Databricks - An Approach To Unit Testing

In the world of software development, unit testing is a concept already understood and quite widely adopted as good practice throughout various teams and industries. You write a failing test, then write the code to make it pass and rinse repeat if you closely follow Test Driven Development.

In the data land however, this is not usually an area explored much at all as engineers would code up some complex SQL statements and transformation tasks in the data software of their choice but not store it in version control nor having automated tests to verify it still works as intended as it goes through iterative changes.

If you are using a tool like Snowflake, you can easily write integration tests for things like your procedures or UDFs if you use them to run your data transformation tasks. With Databricks however, the landscape is a bit different in some aspects in that we can also dip our hands into unit testing, so lets find out why!

Before we commence, please note that any examples and discussions below regarding unit testing will be focused on users who are currently writing their code in python 3 and running orchestrations via Databricks Workflows as Delta Live Tables are a separate topic altogether.

The following topics will be covered here as we make our way to unit testing. If you are already familiar with points 1-3, them skip to the last section at the bottom Unit Testing:

Delta Lake
Apache Spark & PySpark
Integration Testing
Unit Testing

Delta Lake

Delta Lake is the open source storage framework providing key features such as ACID transactions and time travel features. Delta Lake is not only compatible with Spark but is also what Databricks utilises for data storage and table management. As a result the types of tables we will be dealing with for the most part are delta tables. The storage format of these delta tables are basically parquet files.

You can see more details in the official docs delta.io if you wish to learn more. Interesting stuff!

Apache Spark

Apache Spark is an analytics query engine which is good for large scale and batched data workloads, machine learning and real time analytics.

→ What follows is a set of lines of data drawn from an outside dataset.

/// The next word, which must be wanted, and those behind it. Where no word comes or another one, it is refused there
/// for Syntax.
pub fn expect<'a>(
    words: &'a [Word<'a>],
    wanted: Lookahead,
) -> Result<(Word<'a>, &'a [Word<'a>]), ParseStop>
    ensures { MatchResult result (λ r. Passes (passes wanted) (seen words.now) (seen_word r.0) (seen r.1.now)) (λ e.
        Skips (passes wanted) (seen words.now) × (e ≡ stop.Refused cause.Syntax (length (seen words.now)))) }
{
    match after(words, wanted) {
        Some(next) => Ok(next),
        None => Err(ParseStop::Refused(Cause::Syntax, words.len())),
    }
}

/// The list and the words as they are: where a loop begins that takes words and adds to the list.
pub fn going_on<'a, T>(list: List<T>, words: &'a [Word<'a>]) -> (List<T>, &'a [Word<'a>])
    ensures { (result.0 ≡ list) × (result.1.now ≡ words.now) }
{
    (list, words)
}

/// Whether a word comes next that is wanted.
pub fn comes(words: &[Word], wanted: Lookahead) -> bool
    ensures { Tested result (passes wanted) (seen words.now) }
{
    match first(words) {
        None => false,
        Some((word, _)) => passes_mark(wanted, word.sign),
    }
}

/// False where `/` comes and true where `//` does, with the words behind it; None where neither comes.
pub fn slashed<'a>(words: &'a [Word<'a>]) -> Option<(bool, &'a [Word<'a>])>
    ensures { MatchOption result (Skips signs.is_slash (seen words.now) × Skips signs.is_slashes (seen words.now)) (λ r. Slashed r.0 (seen words.now) (seen r.1.now)) }
{
    match after(words, Lookahead::Slash) {
        Some((_, rest)) => Some((false, rest)),
        None => match after(words, Lookahead::Slashes) {
            Some((_, rest)) => Some((true, rest)),
            None => None,
        },
    }
}

/// The axis that the word names (XPath 1.0, 2.2), or the child axis where it names none.
pub fn axis_of(sign: Sign) -> AxisName
    ensures { result ≡ signs.axis_of sign }
{
    match sign {
        Sign::Axis(axis) => axis,
        _ => AxisName::Child,
    }
}

/// The next tighter precedence, which is that of the operands (XPath 1.0, 3); of Path, the tightest, it is Path.
pub fn tighter(p: Precedence) -> Precedence
    ensures { result ≡ signs.tighter p }
{
    match p {
        Precedence::Path => Precedence::Path,
        Precedence::Union => Precedence::Path,
        Precedence::Unary => Precedence::Union,
        Precedence::Multiplicative => Precedence::Unary,
        Precedence::Additive => Precedence::Multiplicative,
        Precedence::Relational => Precedence::Additive,
        Precedence::Equality => Precedence::Relational,
        Precedence::And => Precedence::Equality,
        Precedence::Or => Precedence::And,
    }
}

/// How tightly the operator binds (XPath 1.0, 3).
pub fn precedence_of(op: Op) -> Precedence
    ensures { result ≡ signs.precedence_of op }
{
    match op {
        Op::Or => Precedence::Or,
        Op::And => Precedence::And,
        Op::Equal => Precedence::Equality,
        Op::NotEqual => Precedence::Equality,
        Op::Less => Precedence::Relational,
        Op::LessEqual => Precedence::Relational,
        Op::Greater => Precedence::Relational,
        Op::GreaterEqual => Precedence::Relational,
        Op::Add => Precedence::Additive,
        Op::Subtract => Precedence::Additive,
        Op::Multiply => Precedence::Multiplicative,
        Op::Div => Precedence::Multiplicative,
        Op::Mod => Precedence::Multiplicative,
        Op::Union => Precedence::Union,
    }
}

/// The place of a precedence, from the tightest.
fn place(p: Precedence) -> u8
    ensures { result ≡ signs.place p }
{
    match p {
        Precedence::Path => 0,
        Precedence::Union => 1,
        Precedence::Unary => 2,
        Precedence::Multiplicative => 3,
        Precedence::Additive => 4,
        Precedence::Relational => 5,
        Precedence::Equality => 6,
        Precedence::And => 7,
        Precedence::Or => 8,
    }
}

/// The word's operator, where its precedence is one of those from `from` to `to`.
fn operator(from: Precedence, to: Precedence, sign: Sign) -> Option<Op>
    ensures { MatchOption result (IsOutside from to sign) (λ o. Within from to (signs.precedence_of o) × (signs.is_operator (signs.precedence_of o) sign ≡ true) × (o ≡ signs.op_of sign)) }
{
    match sign {
        Sign::Operator(op) => {
            let at = place(precedence_of(op));
            if place(from) <= at && at <= place(to) {
                Some(op)
            } else {
                None
            }
        }
        _ => None,
    }
}

/// The next operator, where its precedence is one of those from `from` to `to`, and the words behind it.
pub fn next_operator<'a>(
    words: &'a [Word<'a>],
    from: Precedence,
    to: Precedence,
) -> Option<(Op, &'a [Word<'a>])>
    ensures { MatchOption result (NoOperator from to (seen words.now)) (λ r. Within from to (signs.precedence_of r.0) × IsOperator (signs.precedence_of r.0) (seen words.now) r.0 (seen r.1.now)) }
{
    let (word, rest) = first(words)?;
    let op = operator(from, to, word.sign)?;
    Some((op, rest))
}

/// The operator between its operands. Fails only for want of memory.
pub fn binary(alloc: Global, op: Op, left: Expr, right: Expr) -> Result<Expr, AllocError>
    ensures { IfOk result (λ e. e ≡ expr.Binary op left right) }
{
    Ok(Expr::Binary {
        op,
        left: Boxed::new(alloc, left)?,
        right: Boxed::new(alloc, right)?,
    })
}

/// The step `axis::node()`, for which `.`, `..` and `//` stand with an axis each (XPath 1.0, 2.5). Takes no memory.
pub fn any_node(alloc: Global, axis: AxisName) -> StepExpr
    ensures { result ≡ grammar.step_of axis test.Node [] }
{
    StepExpr {
        axis,
        test: TestExpr::Node,
        predicates: List::new(alloc),
    }
}

/// Adds a step, and before it, where it is deep, the step that the `//` before it stands for (XPath 1.0, 2.5). Fails
/// only for want of memory: then the list may have the step of the `//` alone. Costs O(1) in the mean.
pub fn push_step(
    alloc: Global,
    parts: &mut List<StepExpr>,
    deep: bool,
    one: StepExpr,
) -> Result<(), AllocError>
    ensures { OnOk result (parts.new ≡ parts.old ++ led deep (one ∷ [])) }
{
    if deep {
        parts.push(any_node(alloc, AxisName::DescendantOrSelf))?;
    }
    parts.push(one)
}

/// The location path of the steps (XPath 1.0, 2), from the root where it is absolute.
pub fn path(absolute: bool, parts: List<StepExpr>) -> Path
    ensures { result ≡ grammar.path_of absolute parts }
{
    Path {
        absolute,
        parts,
        streams: false,
    }
}

/// A primary with the predicates that filter it and the relative path behind them (XPath 1.0, 3.3); with neither it is
/// itself. Fails only for want of memory.
pub fn filtered(
    alloc: Global,
    primary: Expr,
    predicates: List<Expr>,
    tail: Option<Path>,
) -> Result<Expr, AllocError>
    ensures { IfOk result (λ e. e ≡ grammar.filtered primary predicates tail) }
{
    if predicates.is_empty() && tail.is_none() {
        return Ok(primary);
    }
    Ok(Expr::Filter {
        primary: Boxed::new(alloc, primary)?,
        predicates,
        tail,
    })
}

/// The number that is written, or why it is refused, with so many words left. Costs O(length of the text).
fn number(text: &[u8], left: usize) -> Result<Expr, ParseStop>
    ensures { MatchResult result (λ e. (whole_numbers text.now ≡ None) × (e ≡ expr.Number (number_of text.now))) (IsFlaw text.now left) }
{
    match whole_num::parse(text) {
        Ok(Num::Whole(z)) => Ok(Expr::Number(z)),
        Ok(Num::NaN) => Ok(Expr::Number(0)),
        Err(fault) => Err(ParseStop::Refused(Cause::Literal(fault), left)),
    }
}

/// A primary that opens no level, which is a literal, a number or a variable (XPath 1.0, 3.1), and the words behind it.
/// Where another word comes or none, it is refused there for Syntax; a number outside the limits is refused for its
/// fault. Memory comes for want of it. Costs O(length of the word).
pub fn atom<'a>(alloc: Global, words: &'a [Word<'a>]) -> Result<(Expr, &'a [Word<'a>]), ParseStop>
    ensures { (d : ℕ) → Answered (λ x. (x.0, seen x.1.now)) (Reads whole_numbers d rule.primary atom_production (seen words.now)) result }
{
    if let Some((word, rest)) = after(words, Lookahead::Literal) {
        return Ok((Expr::Literal(lexical::literal(alloc, word.text)?), rest));
    }
    if let Some((word, rest)) = after(words, Lookahead::Number) {
        return Ok((number(word.text, words.len())?, rest));
    }
    let (word, rest) = expect(words, Lookahead::Variable)?;
    Ok((Expr::Variable(lexical::variable(alloc, word.text)?), rest))
}

/// What stands behind `processing-instruction`: a literal in brackets, or brackets alone.
fn instruction<'a>(
    alloc: Global,
    words: &'a [Word<'a>],
) -> Result<(TestExpr, &'a [Word<'a>]), ParseStop>
    ensures { (d : ℕ) → Answered (λ x. (x.0, seen x.1.now)) (Reads whole_numbers d rule.node_test behind_instruction (seen words.now)) result }
{
    let (_, inner) = expect(words, Lookahead::Open)?;
    if let Some((word, rest)) = after(inner, Lookahead::Literal) {
        let (_, behind) = expect(rest, Lookahead::Close)?;
        let target = lexical::literal(alloc, word.text)?;
        return Ok((TestExpr::Instruction(Some(target)), behind));
    }
    let (_, behind) = expect(inner, Lookahead::Close)?;
    Ok((TestExpr::Instruction(None), behind))
}

/// The test of a node type that takes no literal.
fn test_of(sign: Sign) -> TestExpr
    ensures { result ≡ grammar.test_of sign }
{
    if matches!(sign, Sign::Text) {
        TestExpr::Text
    } else if matches!(sign, Sign::Comment) {
        TestExpr::Comment
    } else {
        TestExpr::Node
    }
}

/// What stands behind another node type: brackets alone.
fn node_type<'a>(sign: Sign, words: &'a [Word<'a>]) -> Result<(TestExpr, &'a [Word<'a>]), ParseStop>
    ensures { (d : ℕ) → Answered (λ x. (x.0, seen x.1.now)) (Reads whole_numbers d rule.node_test (behind_node_type sign) (seen words.now)) result }
{
    let (_, inner) = expect(words, Lookahead::Open)?;
    let (_, behind) = expect(inner, Lookahead::Close)?;
    Ok((test_of(sign), behind))
}

/// A node test (XPath 1.0, 2.3), and the words behind it. The first word with which no node test goes on is refused for
/// Syntax. Memory comes for want of it. Costs O(length of the words that it reads).
pub fn node_test<'a>(
    alloc: Global,
    words: &'a [Word<'a>],
) -> Result<(TestExpr, &'a [Word<'a>]), ParseStop>
    ensures { (d : ℕ) → Answered (λ x. (x.0, seen x.1.now)) (ReadsSo d rule.node_test (seen words.now)) result }
{
    if let Some((_, rest)) = after(words, Lookahead::Star) {
        return Ok((TestExpr::AnyName, rest));
    }
    if let Some((word, rest)) = after(words, Lookahead::InPrefix) {
        let name = lexical::in_prefix(alloc, word.text)?;
        return Ok((TestExpr::InPrefix(name), rest));
    }
    if let Some((word, rest)) = after(words, Lookahead::NodeType) {
        return node_type(word.sign, rest);
    }
    if let Some((_, rest)) = after(words, Lookahead::Instruction) {
        return instruction(alloc, rest);
    }
    let (word, rest) = expect(words, Lookahead::Name)?;
    Ok((TestExpr::Name(lexical::name(alloc, word.text)?), rest))
}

Long story short, Databricks is built on Spark and PySpark and hence knowledge in those areas could help quite significantly.

Apache Spark also supports APIs for developing in R, Java, Scala and Python. This translates to Databricks as well as you find that our notebooks can be written purely as a bunch of SQL commands or in one of those languages as listed above but alas, we will be focusing on Python and PySpark (the python library that interfaces Apache Spark).

You can read more on this in the official docs for Apache Spark.

Integration Testing

While integration testing on Databricks is not covered in this blog, is essential in my opnion that time and effort are still dedicated into comprehensively writing these out as well using a library like Great Expectations, running in a notebook and serving as an additional step at the gold layer of your workflow. This serves its purpose to verify that data quality standards are constantly met and if anything unexpected comes up, we fail the workflow and generate a detailed visual report for users to view and understand what the unexpected data is before it gets to the consumers.

With that said, defects in data quality may appear as a consequence of the following scenarios such as regression in our data transformation logic or changes in upstream system which resulted in changes to data layout, representation, schema and so forth.

Unit Testing

So it seems that integration tests for our data pipeline is plenty beneficial but why stop there? One of the benefits of unit testing is that we get to rapidly ensure our code meets quality standards and detect certain regressions earlier in the development lifecycle. This gives us more confidence to move faster, as code can get committed and deployed more frequently. Lets now dive into the details of unit testing our code.

Admittedly, this will not be without it’s own interesting challenges, as most of your notebooks will also be making calls to Databricks libraries such as the auto loader, dbutils, contexts objects and apis etc. This also includes any global calls to the spark session object. We can’t really include those calls in our test suite as they would require the Databricks runtime and that is something we wont be able to spin up our local machine or CI pipeline for that matter. Conversely, what we can setup to run locally is both Delta Live and PySpark/Spark.

First call to action is to think carefully about what you want the scope of the unit tests to be. In most cases from experience it would boil down to the data transformation logic. We will have to do a bit of refactoring if necessary to isolate all logic related to Spark data frames in a single testable function while keeping the Databricks runtime libs out. We may choose to do this by having variables as fakes for those libraries passed in as arguments in the test or relocate the calls outside the function instead.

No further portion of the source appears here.